The extent to which artificial intelligence (AI) is used in YouTube’s Shorts format has ignited a new crisis in the digital publishing world. Extensive field research conducted by the video editing platform Kapwing proved that one in three short videos presented to users is created using AI tools.
AI-powered content has exploded.
Analysis of newly created accounts shows that 33% of the top 500 suggested videos consist entirely of low-effort content focused on viewer manipulation. A large portion of these videos lack any narrative coherence, opting instead to increase watch time by creating visual clutter.
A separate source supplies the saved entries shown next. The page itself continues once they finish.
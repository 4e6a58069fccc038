// Laws of rows that change: it is one whether they change before they are seen or after, and before a cown is left out or after.

ghost use Rattle.std.specs.Prelude.{◌≡◌, ℕ, List};
ghost use Rattle.boc_runs.specs.declared.rows.Row.{Row};
ghost use Rattle.boc_runs.specs.Rows.{edited};
ghost use Rattle.boc_runs.specs.Changes.{IsScaled, moved, without};
ghost use Rattle.boc_plans.specs.declared.edit.Change.{Change};
ghost use Rattle.boc_plans.specs.declared.sharing.Sharing.{Sharing};
ghost use Rattle.boc_plans.specs.Edits.{IsChanged};
ghost use Rattle.boc_plans.specs.Seen.{seen};

/// Proves that rows that are changed are seen as the rows that are seen are changed.
pub fn changes_are_seen()
    ensures ticks { (sharing : Sharing) (rows : List Row) (row ticks : ℕ) → seen sharing (edited rows row ticks) ≡ edited (seen sharing rows) row ticks }
    ensures offset { (sharing : Sharing) (rows : List Row) (row offset : ℕ) → seen sharing (moved rows row offset) ≡ moved (seen sharing rows) row offset }
    ensures cown { (sharing : Sharing) (rows : List Row) (cown : ℕ) → seen sharing (without cown rows) ≡ without cown (seen sharing rows) }
    ensures cost { (sharing : Sharing) (rows : List Row) (row over under : ℕ) (after : List Row) → IsScaled rows row over under after
        → IsScaled (seen sharing rows) row over under (seen sharing after) }
{}

/// Proves that a row changes without a cown as it does with it.
pub fn cowns_do_not_matter_to_changes()
    ensures { (rows : List Row) (cown row : ℕ) (change : Change) (after : List Row) → IsChanged rows row change after
        → IsChanged (without cown rows) row change (without cown after) }
{}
This digital transformation is also fundamentally disrupting the economic balance on the platform. According to research data, channels that create content using AI are surpassing professional producers and generating enormous revenues. The Indian-based channel Bandar Apna Dost, which earns approximately $4 million annually with its entirely AI-generated monkey videos, is the most concrete example of this.
The time spent preparing content by real people using expensive equipment and weeks of preparation is being replaced by videos generated in seconds with commands. This directly lowers the quality of content on YouTube and risks eliminating professional creators from the ecosystem.
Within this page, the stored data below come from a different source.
impl WhatIf {
    /// Returns the same rows, none of them edited, of which plans see this much shared. `AllocError` says that memory was refused.
    ///
    /// It takes all memory that the edits need, and a copy of the rows. `of` takes over the rows of a caller who needs
    /// them no more.
    pub fn new(alloc: Global, rows: &Rows, sharing: Sharing) -> Result<WhatIf, AllocError>
        ensures rows { IfOk result (λ w. w.rows ≡ rows.now) }
        ensures sharing { IfOk result (λ w. w.sharing ≡ sharing) }
        ensures touched { IfOk result (λ w. w.touched ≡ 0) }
    {
        WhatIf::of(alloc, rows.copy(alloc)?, sharing)
    }

    /// Keeps these rows, none of them edited. `AllocError` says that memory was refused, and then the rows are gone.
    ///
    /// It takes all memory that the edits need, and time that grows with the number of rows and their cowns.
    pub fn of(alloc: Global, rows: Rows, sharing: Sharing) -> Result<WhatIf, AllocError>
        ensures rows { IfOk result (λ w. w.rows ≡ rows) }
        ensures sharing { IfOk result (λ w. w.sharing ≡ sharing) }
        ensures touched { IfOk result (λ w. w.touched ≡ 0) }
    {
        let lasts = last_children(alloc, rows.as_slice())?;
        let siblings = Siblings::of(alloc, rows.as_slice())?;
        let seen = SeenRows::new(&rows, sharing);
        let (waits, plan) = waits_and_plan(alloc, &seen)?;
        Ok(WhatIf {
            rows,
            sharing,
            lasts,
            siblings,
            waits,
            plan,
            touched: 0,
        })
    }

    /// Makes a row take this many ticks. The fault says why it can't, and then nothing changes.
    ///
    /// It takes no memory. It computes the row and those after it again.
    pub fn edit(&mut self, row: u32, ticks: u32) -> Result<(), EditFault>
        ensures fits { OnOk result (Fits self.old.rows row ticks) }
        ensures rows { OnOk result (self.new.rows ≡ edited self.old.rows row ticks) }
        ensures sharing { self.new.sharing ≡ self.old.sharing }
        ensures touched { OnOk result (self.new.touched + row ≡ length self.old.rows) }
        ensures fault { IfErr result (IsEditFault self.old.rows (takes row ticks)) }
        ensures refused { OnErr result (Fits self.old.rows row ticks → ⊥) }
        ensures stays { OnErr result (self.new ≡ self.old) }
    {
        let change = Change::Ticks(ticks);
        self.make(Edit { row, change })
    }

    /// Makes a row change. The fault says why it can't, and then nothing changes.
    ///
    /// It takes no memory. It computes the row and those after it again.
    pub fn make(&mut self, edit: Edit) -> Result<(), EditFault>
        ensures made { OnOk result (IsChanged self.old.rows edit.row edit.change self.new.rows) }
        ensures sharing { self.new.sharing ≡ self.old.sharing }
        ensures touched { OnOk result (self.new.touched + edit.row ≡ length self.old.rows) }
        ensures fault { IfErr result (IsEditFault self.old.rows edit) }
        ensures refused { OnErr result ((after : List Row) → IsChanged self.old.rows edit.row edit.change after → ⊥) }
        ensures stays { OnErr result (self.new ≡ self.old) }
    {
        let number = edit.row as usize;
        make(&mut self.rows, &mut self.lasts, &self.siblings, edit)?;
        let rows = SeenRows::new(&self.rows, self.sharing);
        self.plan.place_from(&rows, &self.waits, number);
        self.touched = (rows.len() - number) as u64;
        Ok(())
    }

    /// Makes rows change, edit by edit, up to the first that they can't take as those before it have made them. Those before it
    /// are made.
    ///
    /// It takes no memory. An edit takes time that grows with the children of its row. The lowest row that is edited and those after it are
    /// computed again, once for all edits.
    pub fn edit_all(&mut self, edits: &[Edit]) -> Result<(), Unfit>
        ensures rows { OnOk result (AreEdited self.old.rows edits.now self.new.rows) }
        ensures touched { OnOk result (self.new.touched + least_edited (length self.old.rows) edits.now ≡ length self.old.rows) }
        ensures unfit { IfErr result (λ u. IsFirstUnfit self.old.rows edits.now u.number u.fault) }
        ensures before { IfErr result (λ u. AreEdited self.old.rows (take (u.number - 1) edits.now) self.new.rows) }
        ensures some { IfErr result (λ u. self.new.touched + least_edited (length self.old.rows) (take (u.number - 1) edits.now)
            ≡ length self.old.rows) }
        ensures sharing { self.new.sharing ≡ self.old.sharing }
    {
        let (from, answer) = make_all(&mut self.rows, &mut self.lasts, &self.siblings, edits);
        let rows = SeenRows::new(&self.rows, self.sharing);
        self.plan.place_from(&rows, &self.waits, from);
        self.touched = (rows.len() - from) as u64;
        answer
    }

    /// Returns the same rows, as they are edited, none of which has this cown: it imposes no order. `AllocError` says that memory was refused.
    ///
    /// It takes memory and time that grow with the number of rows and their cowns.
    pub fn without(&self, alloc: Global, cown: HeldCown) -> Result<WhatIf, AllocError>
        ensures rows { IfOk result (λ w. w.rows ≡ without cown self.now.rows) }
        ensures sharing { IfOk result (λ w. w.sharing ≡ self.now.sharing) }
        ensures touched { IfOk result (λ w. w.touched ≡ 0) }
    {
        WhatIf::of(alloc, self.rows.without(alloc, cown)?, self.sharing)
    }

    /// Returns how many rows the last edit that was taken computed again: those from its row on, or from the lowest row
    /// of several edits that were made at once. Before the first it is 0.
    pub fn touched(&self) -> u64
        ensures { result ≡ self.now.touched }
    {
        self.touched
    }

    /// Returns the rows as they are edited.
    pub fn rows(&self) -> &Rows
        ensures { result.now ≡ self.now.rows }
    {
        &self.rows
    }

    /// Returns how the rows share cowns.
    pub fn sharing(&self) -> Sharing
        ensures { result ≡ self.now.sharing }
    {
        self.sharing
    }

    /// Returns the ticks of all rows together. It takes no memory.
    pub fn work(&self) -> u64
        ensures { result ≡ work_of self.now.rows }
    {
        boc_order::work(self.rows.as_slice())
    }

    /// Returns the tick at which the earliest plan of the rows ends. It takes no memory.
    pub fn span(&self) -> u64
        ensures { IsSpan (seen self.now.sharing self.now.rows) result }
    {
        self.plan.span()
    }

    /// Returns the profile of the rows, as `boc_order::profile` has it. `AllocError` says that memory was refused.
    ///
    /// It comes from the plan that the edits keep, so no row is placed again. It takes memory and time that grow with
    /// the number of rows.
    pub fn profile(&self, alloc: Global) -> Result<Profile, AllocError>
        ensures { IfOk result (λ profile. IsProfileOf (seen self.now.sharing self.now.rows) profile) }
    {
        self.plan
            .profile(alloc, &SeenRows::new(&self.rows, self.sharing))
    }

    /// Returns the profile as `WhatIf::profile` has it, for a caller who asks no more: the plan's starts and ends are taken over, and not copied.
    /// `AllocError` says that memory was refused, and then the question is gone.
    pub fn into_profile(self, alloc: Global) -> Result<Profile, AllocError>
        ensures { IfOk result (λ profile. IsProfileOf (seen self.sharing self.rows) profile) }
    {
        self.plan
            .into_profile(alloc, &SeenRows::new(&self.rows, self.sharing))
    }

    /// Returns the greedy plan of the rows for the given number of workers, as `boc_greedy::greedy` has it. `AllocError` says that
    /// memory was refused.
    pub fn greedy(&self, alloc: Global, workers: Workers) -> Result<Greedy, AllocError>
        ensures { IfOk result (λ plan. IsGreedyPlanOf (seen self.now.sharing self.now.rows) workers plan) }
    {
        let rows = SeenRows::new(&self.rows, self.sharing);
        let consequences = Consequences::of(alloc, &rows, &self.waits)?;
        greedy_over(
            alloc,
            &rows,
            &self.waits,
            &consequences,
            workers,
            self.work(),
            self.span(),
        )
    }

    /// Returns for 1 worker, 2 workers and so on up to the most: the end of the greedy plan of the rows and what it is between, as
    /// `boc_greedy::curve` has it. `AllocError` says that memory was refused.
    ///
    /// It makes a plan for each number of workers. Threads share them out, and each plan takes memory that grows with the number of rows.
    pub fn curve(
        &self,
        rt: &(impl Threads + Sync),
        alloc: Global,
        most: Workers,
    ) -> Result<Vec<CurvePoint>, AllocError>
        ensures { IfOk result (λ points. IsCurve (seen self.now.sharing self.now.rows) most points.items) }
    {
        let rows = SeenRows::new(&self.rows, self.sharing);
        let consequences = Consequences::of(alloc, &rows, &self.waits)?;
        let (work, span) = (self.work(), self.span());
        curve_over(
            rt,
            alloc,
            &rows,
            &self.waits,
            &consequences,
            work,
            span,
            most,
        )
    }

    /// Returns for each row the span that the rows would have if that row alone took the fewest ticks that it can: the offset
    /// of its last child, and 1 at least. `AllocError` says that memory was refused.
    ///
    /// No row is placed again: it takes memory that grows with the number of rows and their cowns, and that much time
    /// with its logarithm too. From 32,766 rows on, threads find the spans, at most four; the answer is the same.
    pub fn sweep(&self, rt: &(impl Threads + Sync), alloc: Global) -> Result<Vec<u64>, AllocError>
        ensures sweep { IfOk result (λ spans. IsSweep (seen self.now.sharing self.now.rows) spans.items) }
        ensures few { IfOk result (λ spans. length spans.items ≤ MOST_ROWS) }
    {
        let rows = SeenRows::new(&self.rows, self.sharing);
        sweep(rt, alloc, &rows, &self.waits, &self.plan, &self.lasts)
    }

    /// Returns for each row but main the span that the rows would have if that row alone were spawned as early as it can be: one tick after its earlier
    /// sibling's offset, or at its parent's tick 1. `AllocError` says that memory was refused.
    ///
    /// No row is placed again: it takes memory that grows with the number of rows and their cowns, and that much time with its logarithm
    /// too.
    pub fn spawn_sweep(&self, alloc: Global) -> Result<Vec<u64>, AllocError>
        ensures sweep { IfOk result (λ spans. IsSpawnSweep (seen self.now.sharing self.now.rows) spans.items) }
        ensures few { IfOk result (λ spans. length spans.items ≤ MOST_ROWS) }
    {
        let rows = SeenRows::new(&self.rows, self.sharing);
        spawn_sweep(alloc, &rows, &self.waits, &self.plan)
    }

    /// Returns for each of the given number of cowns the span that the rows would have if that cown imposed no order. `AllocError` says that memory was
    /// refused.
    ///
    /// One pass over the rows and their cowns serves some cowns at once, one serves all that no row has, and each takes memory that grows with
    /// the number of rows. Threads share out the passes.
    pub fn cown_sweep(
        &self,
        rt: &(impl Threads + Sync),
        alloc: Global,
        count: usize,
    ) -> Result<Vec<u64>, AllocError>
        requires { count ≤ MOST_COWNS }
        ensures sweep { IfOk result (λ spans. IsCownSweep (seen self.now.sharing self.now.rows) count spans.items) }
        ensures few { IfOk result (λ spans. length spans.items ≤ MOST_ROWS) }
    {
        let rows = SeenRows::new(&self.rows, self.sharing);
        cown_sweep(rt, alloc, &rows, count)
    }

    /// Returns for each of the given number of cowns the end of the greedy plan that the rows would have for the given number of workers if that cown imposed
    /// no order. `AllocError` says that memory was refused.
    ///
    /// It makes a greedy plan for each cown, and copies no row. Threads share out the cowns, and progress is reported after each 16 of them.
    pub fn greedy_cown_sweep(
        &self,
        rt: &(impl Threads + Sync),
        alloc: Global,
        count: usize,
        workers: Workers,
        progress: &mut dyn Progress,
    ) -> Result<Vec<u64>, AllocError>
        requires { count ≤ MOST_COWNS }
        ensures sweep { IfOk result (λ ends. IsGreedyCownSweep (seen self.now.sharing self.now.rows) workers count ends.items) }
        ensures few { IfOk result (λ ends. length ends.items ≤ MOST_ROWS) }
    {
        let rows = SeenRows::new(&self.rows, self.sharing);
        cown_ends(rt, alloc, &rows, count, workers, progress)
    }

    /// Returns for each row the end of the greedy plan for the given number of workers if that row alone took the fewest ticks that it can. These are the
    /// offset of its last child, and 1 at least. `AllocError` says that memory was refused.
    ///
    /// For each row that takes more than its least ticks it makes a greedy plan, but what the plans of some neighbouring rows have in common
    /// with that of the rows as they are it makes once. Threads share out the rows, and each takes memory that grows with the number of
    /// rows. Progress is reported after each 1,024 plans.
    pub fn greedy_sweep(
        &self,
        rt: &(impl Threads + Sync),
        alloc: Global,
        workers: Workers,
        progress: &mut dyn Progress,
    ) -> Result<Vec<u64>, AllocError>
        ensures sweep { IfOk result (λ ends. IsGreedySweep (seen self.now.sharing self.now.rows) workers ends.items) }
        ensures few { IfOk result (λ ends. length ends.items ≤ MOST_ROWS) }
    {
        let span = self.span();
        least_ends(
            rt,
            alloc,
            &self.rows,
            self.sharing,
            &self.waits,
            &self.lasts,
            span,
            workers,
            progress,
        )
    }
}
From an advertiser and user experience perspective, the platform’s credibility is facing a major test. Brands are expressing their discomfort with their ads appearing alongside low-quality and meaningless content, while YouTube management is caught between innovation and quality control.
Current data confirms that users’ access to real and high-quality information is increasingly restricted, and the sense of belonging to the platform is weakening. While these AI-generated videos achieve high viewership numbers in the short term, they are causing permanent damage to the unique structure of digital publishing in the long term.